В. В. Зеленский От редактора русского издания 1929 г (стр. 27 из 147)

Поэтому можно сказать, что у Фрейда основной схемой является сексуальность как наиболее сильное выражение отношений между субъектом и объектом, у Адлера же — власть субъекта, действеннее всего охраняющая его от объектов и ставящая субъекта в изолированное положение, полное, неприкосновенное и прекращающее всякое сношение с внешним миром. Фрейд хотел бы обеспечить свободное истечение влечений на их объекты, Адлер стремится преодолеть враждебные чары объектов и тем спасти эго от удушения в собственных доспехах. Взгляд Фрейда, по сути, является экстравертным, Адлера — интровертным. Экстравертная теория значима для экстравертного типа, интровертная теория — для типа интровертного. Ввиду того что чистый тип является совершенно односторонним продуктом развития, он, по необходимости, будет неуравновешен. Чрезмерное подчеркивание одной функции равносильно вытеснению другой.
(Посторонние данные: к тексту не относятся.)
//! What a text names: values, places in memory, and instructions.

ghost use Rattle.std.specs.Prelude.{◌≡◌, None};
ghost use Rattle.mx_places.specs.Named as spec;

use crate::sums::{add_numbers, cut_sum, parse_brackets, parse_offset};
use mx_ask::{Unit, parse_address, parse_number, parse_octa, parse_subject};
use mx_book::{Book, Thing, thing_of_subject};
use mx_stops::Place;
use mx_word::Value;

/// The first address of the data segment: a name with a value from there on means what is there.
const DATA: u64 = 0x2000_0000_0000_0000;

/// The first address that no memory has.
const MEMORY_END: u64 = 1 << 63;

/// What is said where a text names no place.
pub const PLACE_WANTED: &[u8] = b"? no such place: give NAME[+N], $K, rX or M8[ADDRESS]";

/// The place as a thing: a register has the number that it had where it was asked for.
pub fn thing_of_place(place: Place) -> Thing
    ensures { result ≡ spec.thing_at place }
{
    match place {
        Place::Register(k) | Place::Stacked { at: _, number: k } => Thing::Register(k),
        Place::Octa(a) => Thing::Octa(a),
        Place::Special(code) => Thing::Special(code),
    }
}

/// The value of a symbol that is an address, or a number.
fn symbol_address(book: &Book, name: &[u8]) -> Option<u64>
    ensures { result ≡ spec.symbol_address book.now name.now }
{
    match book.look_up_symbol(name)? {
        Value::Pure(a) => Some(a),
        Value::Reg(_) => None,
    }
}

/// The value of a symbol and what is added to it, as `Loop+8` writes it.
fn symbol_sum(book: &Book, text: &[u8]) -> Option<u64>
    ensures { result ≡ spec.symbol_sum book.now text.now }
{
    let (base, rest) = cut_sum(text);
    add_numbers(symbol_address(book, base), parse_offset(rest))
}

/// The value of a symbol, or a sum of one.
fn find_named_number(book: &Book, text: &[u8]) -> Option<u64>
    ensures { result ≡ spec.named_number book.now text.now }
{
    match symbol_address(book, text) {
        Some(n) => Some(n),
        None => symbol_sum(book, text),
    }
}

/// The address that a text writes, or names.
fn address_named(book: &Book, text: &[u8]) -> Option<u64>
    ensures { result ≡ spec.address_named book.now text.now }
{
    match parse_address(text) {
        Some(a) => Some(a),
        None => find_named_number(book, text),
    }
}

/// The unit of memory that a text writes as `M8[ADDRESS]` does, with 8, 4, 2 or 1 bytes, and its address.
#[tactic(auto, unfolding(crate::specs::Named::part_in))]
pub fn parse_part(book: &Book, text: &[u8]) -> Option<(Unit, u64)>
    ensures { result ≡ spec.part_in book.now text.now }
{
    match parse_brackets(text) {
        Some((unit, text)) => Some((unit, address_named(book, text)?)),
        None => None,
    }
}

/// The octa that a text writes in brackets.
fn octa_in_brackets(book: &Book, text: &[u8]) -> Option<Thing>
    ensures { result ≡ spec.octa_of (spec.part_in book.now text.now) }
{
    match parse_part(book, text) {
        Some((Unit::Octa, a)) => Some(Thing::Octa(a)),
        _ => None,
    }
}

/// What `$K`, `rX`, `M#ADDRESS` or a number writes.
fn thing_written(text: &[u8]) -> Option<Thing>
    ensures { result ≡ spec.thing_written text.now }
{
    match parse_subject(text) {
        Some(subject) => thing_of_subject(subject),
        None => Some(Thing::Number(parse_octa(text)?)),
    }
}

/// What a text writes that is no symbol.
fn thing_beside(book: &Book, text: &[u8]) -> Option<Thing>
    ensures { result ≡ spec.thing_beside book.now text.now }
{
    match octa_in_brackets(book, text) {
        Some(thing) => Some(thing),
        None => thing_written(text),
    }
}

/// What a symbol means, or a sum of one.
fn thing_by_symbol(book: &Book, text: &[u8]) -> Option<Thing>
    ensures { result ≡ spec.thing_by_symbol book.now text.now }
{
    match book.look_up_thing(text) {
        Some(thing) => Some(thing),
        None => Some(Thing::Number(symbol_sum(book, text)?)),
    }
}

/// What a text names: a symbol or a sum of one, `$K`, `rX`, `M8[ADDRESS]`, `M#ADDRESS`, or a number.
#[tactic(auto, unfolding(crate::specs::Named::named_thing))]
pub fn resolve_name(book: &Book, text: &[u8]) -> Option<Thing>
    ensures { result ≡ spec.named_thing book.now text.now }
{
    match thing_by_symbol(book, text) {
        Some(thing) => Some(thing),
        None => thing_beside(book, text),
    }
}

/// The octa at an address of data, where a symbol has that value.
fn as_data(thing: Thing) -> Thing
    ensures { result ≡ spec.as_data thing }
{
    match thing {
        Thing::Number(a) if DATA <= a && a < MEMORY_END => Thing::Octa(a),
        thing => thing,
    }
}

/// The same, but for a name with an address of data: it means the octa there.
#[tactic(auto, unfolding(crate::specs::Named::shown_thing))]
pub fn resolve_for_display(book: &Book, text: &[u8]) -> Option<Thing>
    ensures { result ≡ spec.shown_thing book.now text.now }
{
    match thing_by_symbol(book, text) {
        Some(thing) => Some(as_data(thing)),
        None => thing_beside(book, text),
    }
}

/// The place that a thing has: a number is an address.
pub fn place_of_thing(thing: Thing) -> Option<Place>
    ensures { result ≡ spec.place_of thing }
{
    match thing {
        Thing::Register(k) => Some(Place::Register(k)),
        Thing::Special(code) => Some(Place::Special(code)),
        Thing::Octa(a) | Thing::Number(a) => {
            if a < MEMORY_END {
                Some(Place::Octa(a))
            } else {
                None
            }
        }
    }
}

/// The place that a text names.
#[tactic(auto, unfolding(crate::specs::Named::place_in))]
pub fn parse_place(book: &Book, text: &[u8]) -> Option<Place>
    ensures { result ≡ spec.place_in book.now text.now }
{
    place_of_thing(resolve_name(book, text)?)
}

/// Where an instruction is: its address, and its line, if one was named.
#[derive(Clone, Copy)]
pub struct Target {
    pub address: u64,
    pub line: Option<u32>,
}

/// The instruction at an address.
fn target_at(address: u64) -> Target
    ensures { result ≡ spec.at_address address }
{
    Target {
        address,
        line: None,
    }
}

/// The first instruction from a line on.
fn line_target(book: &Book, line: u64) -> Option<Target>
    ensures { result ≡ spec.at_line book.now line }
{
    if line >= 1 << 32 {
        return None;
    }
    let load = book.address_of_line(line as u32)?;
    Some(Target {
        address: load.address,
        line: Some(load.line),
    })
}

/// The instruction that a text names by an address or a label.
fn find_named_target(book: &Book, text: &[u8]) -> Option<Target>
    ensures { result ≡ spec.by_number None book.now text.now }
{
    Some(target_at(address_named(book, text)?))
}

/// The instruction that a text names by a label, a line or an address.
#[tactic(auto, unfolding(crate::specs::Named::target_in))]
pub fn parse_target(book: &Book, text: &[u8]) -> Option<Target>
    ensures { result ≡ spec.target_in book.now text.now }
{
    match parse_number(text) {
        Some(line) => line_target(book, line),
        None => find_named_target(book, text),
    }
}

/// The number that a text writes, or the value of a symbol or of a sum of one.
#[tactic(auto, unfolding(crate::specs::Named::value_in))]
pub fn parse_value(book: &Book, text: &[u8]) -> Option<u64>
    ensures { result ≡ spec.value_in book.now text.now }
{
    match parse_octa(text) {
        Some(n) => Some(n),
        None => find_named_number(book, text),
    }
}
Это вытеснение не уничтожается и психоанализом, ввиду того что применяемый в каждом данном случае метод ориентируется по теории собственного типа. Человек экстравертный будет сводить фантазии, всплывающие из недр его бессознательного, на содержащиеся в них элементы влечения, и это согласно со своей теорией. А интровертный человек будет сводить все на стремление к власти. Результат такого анализа в каждом данном случае лишь прибавляется к уже существующему перевесу. Такой анализ только укрепляет имеющийся уже тип и отнюдь не способствует взаимному пониманию или посредничеству между типами. Напротив того, пропасть становится еще глубже как во внешнем, так и во внутреннем отношении. Кроме того, происходит внутренняя диссоциация, ибо каждый раз в бессознательных фантазиях (сновидениях и т. д.) возникают частицы другой функции, они тотчас же обесцениваются и вновь вытесняются. Поэтому можно, пожалуй, до некоторой степени согласиться с мнением одного критика, утверждавшего, что теория Фрейда — теория невротика, если бы критика эта не была выражением недоброжелательства и не освобождала бы ее автора от обязанности серьезного изучения упомянутых проблем. Как точка зрения Фрейда, так и точка зрения Адлера односторонни, и каждая из них характерна лишь для одного типа.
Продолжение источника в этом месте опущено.